本日、生命保険文化センターより、「生命保険に関する全国実態調査(速報版)」が公表されました。
この調査は、1965年からほぼ3年毎に継続して実施されているもので、時系列の動向を見る上では、とても貴重なデータだと思います。私も、このデータをいつも参考にして勉強しています。
ただし、問題がないわけではありません。今回の調査は、全国436地点で一般世帯を対象に留置調査で行い、回収数は4054となっています。サンプル数としては十分ですが、その属性を見ると、世帯主年齢が平均56.3歳、世帯年収が平均613.8万円となっています。年収300万円未満世帯の割合は、16.7%です。教科書的に述べれば、生命保険のニーズが高いのは、まだ貯蓄のあまりない30代前後の世代のはずです。
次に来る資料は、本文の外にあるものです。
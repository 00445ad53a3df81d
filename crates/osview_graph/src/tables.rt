ghost use Rattle.std.specs.Prelude.{◌≡◌, ◌+◌, ◌^◌, ◌<◌, IfOk, replicate, slice_index, slice_index_or, slice_set};

use os_io::Memory;
use std::alloc::Global;

/// A table of `count` zeros.
pub(crate) fn zeros(alloc: Global, count: usize) -> Result<Vec<u64>, Memory>
    ensures { IfOk result (λ table. table.items ≡ replicate count 0) }
{
    let table = vec![in alloc; 0u64; count]?;
    Ok(table)
}

/// The number of a row; 0 where there is no such row.
pub(crate) fn row(table: &[u64], at: u64) -> u64
    ensures { result ≡ slice_index_or table.now at 0 }
{
    match table.get(at as usize) {
        Some(count) => *count,
        None => 0,
    }
}

/// Sets a row, if there is such a row.
pub(crate) fn set_row(table: &mut Vec<u64>, at: u64, count: u64)
    ensures { table.new.items ≡ slice_set table.old.items at count }
{
    let place = at as usize;
    if place < table.len() {
        table[place] = count;
    }
}

/// Adds an amount to a row, if there is such a row.
pub(crate) fn raise(table: &mut Vec<u64>, at: u64, amount: u64)
    requires { slice_index_or table.old.items at 0 + amount < 2 ^ 64 }
    ensures { table.new.items ≡ slice_set table.old.items at (slice_index_or table.old.items at 0 + amount) }
{
    let count = row(table, at) + amount;
    set_row(table, at, count);
}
現に、ライフネット生命の契約者は、20代・30代が7、8割を占めています。そうであれば、このサンプルは、年齢的にかなり偏っているのではないでしょうか。また、わが国の世帯の平均年収は、556.2万円であり、年収300万円未満世帯は、31.3%を占めています。
次回の調査から、もう少し若い年代を中心に、かつ、世帯分布もより平均に近い層を対象に実施してもらえれば、データとしての価値はより高まるのではないでしょうか。
因みに、ライフネット生命とSBIアクサ生命が、この4月に実施した調査では、20代、30代、40代、50代各250人(男女半々)の合計1000名をサンプルとしています。